» **Stored data entries**:
//! Calls on transactions and spans that are made by methods of their own.

ghost use Rattle.std.specs.Prelude.{◌≡◌, Ok, Err, IfOk, IfErr};
ghost use Rattle.sentry_spans.specs.Discards as discards;
ghost use Rattle.sentry_span_edits.specs.Setters as setters;
ghost use Rattle.sentry_spans.specs.Ends as ends;
ghost use Rattle.sentry_spans.specs.Spans as spans;
ghost use Rattle.sentry_state.specs.Outcomes.{Does, DoesWithoutMemory};
ghost use Rattle.sentry_lock.specs.Locked.{DrainsAll, DrainsAndDoes, Replies, RepliesWithoutMemory};

use crate::handed::Handed;
use crate::locked::Core;
use sentry_base::callbacks::EventCallback;
use sentry_base::protocol::{
    Fresh, HubKey, Refusal, Request, SpanId, SpanKey, SpanStatus, TransactionKey,
    TransactionOrSpanKey,
};
use sentry_options::Callbacks;
use sentry_plain::Value;
use sentry_trace::performance::TransactionContext;

impl<P: EventCallback + Drop, C: Callbacks, T: Drop> Core<P, C, T> {
    /// Starts a transaction on a hub.
    pub(crate) fn start_transaction(
        &mut self,
        hub: HubKey,
        context: TransactionContext,
        fresh: Fresh,
    ) -> Result<TransactionKey, Refusal>
        ensures done { IfOk result (λ reply. Replies self.old.engine self.new.engine reply
            (spans.start_transaction C.meanings hub context fresh)) }
        ensures refused { IfErr result (λ refusal. Does self.old.engine self.new.engine
            (Err refusal) (spans.start_transaction C.meanings hub context fresh)) }
        ensures drainers { self.new.drainers ≡ self.old.drainers }
        ensures labels { self.new.next_label ≡ self.old.next_label }
    {
        let out = self.engine.start_transaction(hub, context, fresh)?;
        Ok(out.reply)
    }

    /// The same, with a start.
    pub(crate) fn start_transaction_with_timestamp(
        &mut self,
        hub: HubKey,
        context: TransactionContext,
        start: u64,
        fresh: Fresh,
    ) -> Result<TransactionKey, Refusal>
        ensures done { IfOk result (λ reply. Replies self.old.engine self.new.engine reply
            (spans.start_transaction_with_timestamp C.meanings hub context start fresh)) }
        ensures refused { IfErr result (λ refusal. Does self.old.engine self.new.engine
            (Err refusal) (spans.start_transaction_with_timestamp C.meanings hub context start fresh)) }
        ensures drainers { self.new.drainers ≡ self.old.drainers }
        ensures labels { self.new.next_label ≡ self.old.next_label }
    {
        let out = self
            .engine
            .start_transaction_with_timestamp(hub, context, start, fresh)?;
        Ok(out.reply)
    }

    /// Starts a child of a transaction or a span.
    pub(crate) fn start_child(
        &mut self,
        parent: TransactionOrSpanKey,
        op: &str,
        description: &str,
        fresh: Fresh,
    ) -> Result<SpanKey, Refusal>
        ensures done { IfOk result (λ reply. Replies self.old.engine self.new.engine reply
            (spans.start_child parent op.now description.now fresh)) }
        ensures refused { IfErr result (λ refusal. Does self.old.engine self.new.engine
            (Err refusal) (spans.start_child parent op.now description.now fresh)) }
        ensures drainers { self.new.drainers ≡ self.old.drainers }
        ensures labels { self.new.next_label ≡ self.old.next_label }
    {
        let out = self.engine.start_child(parent, op, description, fresh)?;
        Ok(out.reply)
    }

    /// The same, with an id and a start.
    pub(crate) fn start_child_with_details(
        &mut self,
        parent: TransactionOrSpanKey,
        op: &str,
        description: &str,
        id: SpanId,
        start: u64,
    ) -> Result<SpanKey, Refusal>
        ensures done { IfOk result (λ reply. Replies self.old.engine self.new.engine reply
            (spans.start_child_with_details parent op.now description.now id start)) }
        ensures refused { IfErr result (λ refusal. Does self.old.engine self.new.engine
            (Err refusal) (spans.start_child_with_details parent op.now description.now id start)) }
        ensures drainers { self.new.drainers ≡ self.old.drainers }
        ensures labels { self.new.next_label ≡ self.old.next_label }
    {
        let out = self
            .engine
            .start_child_with_details(parent, op, description, id, start)?;
        Ok(out.reply)
    }

    /// Finishes a span.
    pub(crate) fn finish_span(&mut self, span: SpanKey, moment: u64) -> Result<(), Refusal>
        ensures done { IfOk result (λ reply. Replies self.old.engine self.new.engine reply
            (spans.finish_span span moment)) }
        ensures refused { IfErr result (λ refusal. Does self.old.engine self.new.engine
            (Err refusal) (spans.finish_span span moment)) }
        ensures drainers { self.new.drainers ≡ self.old.drainers }
        ensures labels { self.new.next_label ≡ self.old.next_label }
    {
        let out = self.engine.finish_span(span, moment)?;
        Ok(out.reply)
    }

    /// Finishes a transaction under the top scope of a hub.
    pub(crate) fn finish_transaction(
        &mut self,
        transaction: TransactionKey,
        hub: HubKey,
        moment: u64,
    ) -> Result<Handed<(), T>, Refusal>
        ensures done { IfOk result (λ handed. DrainsAndDoes self.old.tag self.old.engine self.new.engine
            self.old.drainers self.new.drainers (Ok handed.out) (spans.finish_transaction transaction hub moment)) }
        ensures refused { IfErr result (λ _.
            DrainsAll self.old.tag self.old.engine self.new.engine self.old.drainers self.new.drainers) }
        ensures labels { self.new.next_label ≡ self.old.next_label }
    {
        let transports = self.drained()?;
        let out = self.engine.finish_transaction(transaction, hub, moment)?;
        Ok(Handed {
            out,
            transports: Some(transports),
        })
    }

    /// Forgets a transaction or a span.
    pub(crate) fn discard(&mut self, span: TransactionOrSpanKey) -> Result<(), Refusal>
        ensures done { IfOk result (λ reply. RepliesWithoutMemory self.old.engine self.new.engine reply
            (discards.discard span)) }
        ensures refused { IfErr result (λ refusal. DoesWithoutMemory self.old.engine self.new.engine
            (Err refusal) (discards.discard span)) }
        ensures drainers { self.new.drainers ≡ self.old.drainers }
        ensures labels { self.new.next_label ≡ self.old.next_label }
    {
        let out = self.engine.discard(span)?;
        Ok(out.reply)
    }

    /// Finishes a span, and then forgets it.
    pub(crate) fn end_span(
        &mut self,
        span: SpanKey,
        moment: u64,
    ) -> Result<Result<(), Refusal>, Refusal>
        ensures done { IfOk result (λ reply. Replies self.old.engine self.new.engine reply
            (ends.end_span span moment)) }
        ensures refused { IfErr result (λ refusal. Does self.old.engine self.new.engine
            (Err refusal) (ends.end_span span moment)) }
        ensures drainers { self.new.drainers ≡ self.old.drainers }
        ensures labels { self.new.next_label ≡ self.old.next_label }
    {
        let out = self.engine.end_span(span, moment)?;
        Ok(out.reply)
    }

    /// Finishes a transaction under the top scope of a hub, and then forgets it.
    pub(crate) fn end_transaction(
        &mut self,
        transaction: TransactionKey,
        hub: HubKey,
        moment: u64,
    ) -> Result<Handed<Result<(), Refusal>, T>, Refusal>
        ensures done { IfOk result (λ handed. DrainsAndDoes self.old.tag self.old.engine self.new.engine
            self.old.drainers self.new.drainers (Ok handed.out) (ends.end_transaction transaction hub moment)) }
        ensures refused { IfErr result (λ _.
            DrainsAll self.old.tag self.old.engine self.new.engine self.old.drainers self.new.drainers) }
        ensures labels { self.new.next_label ≡ self.old.next_label }
    {
        let transports = self.drained()?;
        let out = self.engine.end_transaction(transaction, hub, moment)?;
        Ok(Handed {
            out,
            transports: Some(transports),
        })
    }

    /// Sets data of a transaction or a span.
    pub(crate) fn set_data(
        &mut self,
        span: TransactionOrSpanKey,
        key: &str,
        value: Value,
    ) -> Result<(), Refusal>
        ensures done { IfOk result (λ reply. Replies self.old.engine self.new.engine reply
            (setters.set_data span key.now value)) }
        ensures refused { IfErr result (λ refusal. Does self.old.engine self.new.engine
            (Err refusal) (setters.set_data span key.now value)) }
        ensures drainers { self.new.drainers ≡ self.old.drainers }
        ensures labels { self.new.next_label ≡ self.old.next_label }
    {
        let out = self.engine.set_data(span, key, value)?;
        Ok(out.reply)
    }

    /// Sets a tag of a transaction or a span.
    pub(crate) fn set_tag(
        &mut self,
        span: TransactionOrSpanKey,
        key: &str,
        value: &str,
    ) -> Result<(), Refusal>
        ensures done { IfOk result (λ reply. Replies self.old.engine self.new.engine reply
            (setters.set_tag span key.now value.now)) }
        ensures refused { IfErr result (λ refusal. Does self.old.engine self.new.engine
            (Err refusal) (setters.set_tag span key.now value.now)) }
        ensures drainers { self.new.drainers ≡ self.old.drainers }
        ensures labels { self.new.next_label ≡ self.old.next_label }
    {
        let out = self.engine.set_tag(span, key, value)?;
        Ok(out.reply)
    }

    /// Sets extra data of a transaction.
    pub(crate) fn set_extra(
        &mut self,
        transaction: TransactionKey,
        key: &str,
        value: Value,
    ) -> Result<(), Refusal>
        ensures done { IfOk result (λ reply. Replies self.old.engine self.new.engine reply
            (setters.set_extra transaction key.now value)) }
        ensures refused { IfErr result (λ refusal. Does self.old.engine self.new.engine
            (Err refusal) (setters.set_extra transaction key.now value)) }
        ensures drainers { self.new.drainers ≡ self.old.drainers }
        ensures labels { self.new.next_label ≡ self.old.next_label }
    {
        let out = self.engine.set_extra(transaction, key, value)?;
        Ok(out.reply)
    }

    /// Sets the status of a transaction or a span.
    pub(crate) fn set_status(
        &mut self,
        span: TransactionOrSpanKey,
        status: SpanStatus,
    ) -> Result<(), Refusal>
        ensures done { IfOk result (λ reply. Replies self.old.engine self.new.engine reply
            (setters.set_status span status)) }
        ensures refused { IfErr result (λ refusal. Does self.old.engine self.new.engine
            (Err refusal) (setters.set_status span status)) }
        ensures drainers { self.new.drainers ≡ self.old.drainers }
        ensures labels { self.new.next_label ≡ self.old.next_label }
    {
        let out = self.engine.set_status(span, status)?;
        Ok(out.reply)
    }

    /// Sets the operation of a transaction or a span.
    pub(crate) fn set_op(&mut self, span: TransactionOrSpanKey, op: &str) -> Result<(), Refusal>
        ensures done { IfOk result (λ reply. Replies self.old.engine self.new.engine reply
            (setters.set_op span op.now)) }
        ensures refused { IfErr result (λ refusal. Does self.old.engine self.new.engine
            (Err refusal) (setters.set_op span op.now)) }
        ensures drainers { self.new.drainers ≡ self.old.drainers }
        ensures labels { self.new.next_label ≡ self.old.next_label }
    {
        let out = self.engine.set_op(span, op)?;
        Ok(out.reply)
    }

    /// Sets the name of a transaction, or the description of a span.
    pub(crate) fn set_name(&mut self, span: TransactionOrSpanKey, name: &str) -> Result<(), Refusal>
        ensures done { IfOk result (λ reply. Replies self.old.engine self.new.engine reply
            (setters.set_name span name.now)) }
        ensures refused { IfErr result (λ refusal. Does self.old.engine self.new.engine
            (Err refusal) (setters.set_name span name.now)) }
        ensures drainers { self.new.drainers ≡ self.old.drainers }
        ensures labels { self.new.next_label ≡ self.old.next_label }
    {
        let out = self.engine.set_name(span, name)?;
        Ok(out.reply)
    }

    /// Sets the request of a transaction, or the data that a span has of one.
    pub(crate) fn set_request(
        &mut self,
        span: TransactionOrSpanKey,
        request: Request,
    ) -> Result<(), Refusal>
        ensures done { IfOk result (λ reply. Replies self.old.engine self.new.engine reply
            (setters.set_request span request)) }
        ensures refused { IfErr result (λ refusal. Does self.old.engine self.new.engine
            (Err refusal) (setters.set_request span request)) }
        ensures drainers { self.new.drainers ≡ self.old.drainers }
        ensures labels { self.new.next_label ≡ self.old.next_label }
    {
        let out = self.engine.set_request(span, request)?;
        Ok(out.reply)
    }

    /// Sets what created a transaction.
    pub(crate) fn set_origin(
        &mut self,
        transaction: TransactionKey,
        origin: &str,
    ) -> Result<(), Refusal>
        ensures done { IfOk result (λ reply. Replies self.old.engine self.new.engine reply
            (setters.set_origin transaction origin.now)) }
        ensures refused { IfErr result (λ refusal. Does self.old.engine self.new.engine
            (Err refusal) (setters.set_origin transaction origin.now)) }
        ensures drainers { self.new.drainers ≡ self.old.drainers }
        ensures labels { self.new.next_label ≡ self.old.next_label }
    {
        let out = self.engine.set_origin(transaction, origin)?;
        Ok(out.reply)
    }
}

» **Activity**: Scan the lines above for the word "ends", then copy each line that has it.

» **Exercise output**:
ghost use Rattle.sentry_spans.specs.Ends as ends;
            (ends.end_span span moment)) }
            (Err refusal) (ends.end_span span moment)) }
            self.old.drainers self.new.drainers (Ok handed.out) (ends.end_transaction transaction hub moment)) }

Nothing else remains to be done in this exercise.